3. The medical record text similarity retrieval method according to claim 1, wherein the step of performing word segmentation processing on the text information to generate words specifically comprises:

and performing word segmentation processing on the text information according to the disease dictionary and the regular expression and removing the stop word to generate a word.

4. The medical record text similarity retrieval method according to claim 2, wherein the step of training the words into long text vectors specifically comprises:

training the words into word vectors;

forming the word vector into the long text vector.

5. The medical record text similarity retrieval method according to any one of claims 1 to 4, wherein the step of obtaining medical record information similar to the text information in a database according to the long text vector specifically includes:

acquiring a plurality of long texts similar to the text information from the database, and respectively segmenting the long texts into word sets as a screening set;

acquiring a long text matched with the word set after the word segmentation processing is carried out on the text information in the screening set, and taking the long text as a priority result;

calculating the relevance of a word set which is not matched with the text information in the screening set and a word set after word segmentation processing is carried out on the text information according to the long text vector;

judging whether the relevance is greater than a preset threshold value or not;

and if the relevance is greater than the preset threshold value, arranging the long texts which are not matched with the text information in a positive sequence according to the relevance.

6. A system for retrieving medical record text similarity is characterized by comprising: a memory, a processor, and a computer program stored on the memory and executable on the processor, the processor when executing the computer program implementing:

receiving text information;

training the words into long text vectors;

7. The medical record text similarity retrieval system according to claim 6, wherein the processor, when executing the computer program, implements the word segmentation processing on the text information, and after the step of generating words, further comprises:

performing tagging processing on the part of speech of the word;

and classifying the words according to the part-of-speech labels of the words.
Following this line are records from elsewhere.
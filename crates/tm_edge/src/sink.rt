//! Where bytes go to.
ghost use Rattle.std.specs.Prelude.{◌≡◌, ◌≤◌, ℕ, List, Option, length, take, OnOk, OnErr};
ghost use Rattle.std.specs.Io.KnownBytes.{append_known};
ghost use Rattle.tm_edge.specs.Fault.{HasRisen, AppendsFront};

use crate::Failed;

/// Where bytes go to.
pub trait Sink {
    /// The bytes that were written, where the sink tells them. Whether it tells them never changes.
    ghost written: { Self → Option (List ℕ) };

    /// How often writing has failed.
    ghost faults: { Self → ℕ };

    /// Writes all the bytes. `Failed` comes exactly where the count of faults rose; then a front of
    /// them was written.
    fn put(&mut self, bytes: &[u8]) -> Result<(), Failed>
        ensures put { OnOk result (written self.new ≡ append_known (written self.old) bytes.now) }
        ensures front { OnErr result (AppendsFront (written self.old) (written self.new) bytes.now) }
        ensures count { faults self.old ≤ faults self.new }
        ensures no_fault { OnOk result (faults self.new ≡ faults self.old) }
        ensures failed { OnErr result (HasRisen (faults self.old) (faults self.new)) };
}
8. The medical record text similarity retrieval system according to claim 6, wherein the processor implements the step of performing word segmentation processing on the text information to generate words when executing the computer program, and specifically comprises:

9. The system for retrieving medical record text similarity according to claim 7, wherein the processor, when executing the computer program, implements the step of training the words into long text vectors, specifically comprising:

training the words into word vectors;

forming the word vector into the long text vector.

10. The system for retrieving medical record text similarity according to any one of claims 6 to 9, wherein the processor, when executing the computer program, implements the step of obtaining medical record information similar to the text information in the database according to the long text vector, specifically comprising:

judging whether the relevance is greater than a preset threshold value or not;

11. A computer device comprising a memory, a processor and a computer program stored on the memory and operable on the processor, wherein the processor implements the method for retrieving similarity between medical record texts according to any one of claims 1 to 5 when executing the computer program.

12. A computer-readable storage medium, on which a computer program is stored, which, when being executed by a processor, implements the method for retrieving the similarity of medical record texts according to any one of claims 1 to 5.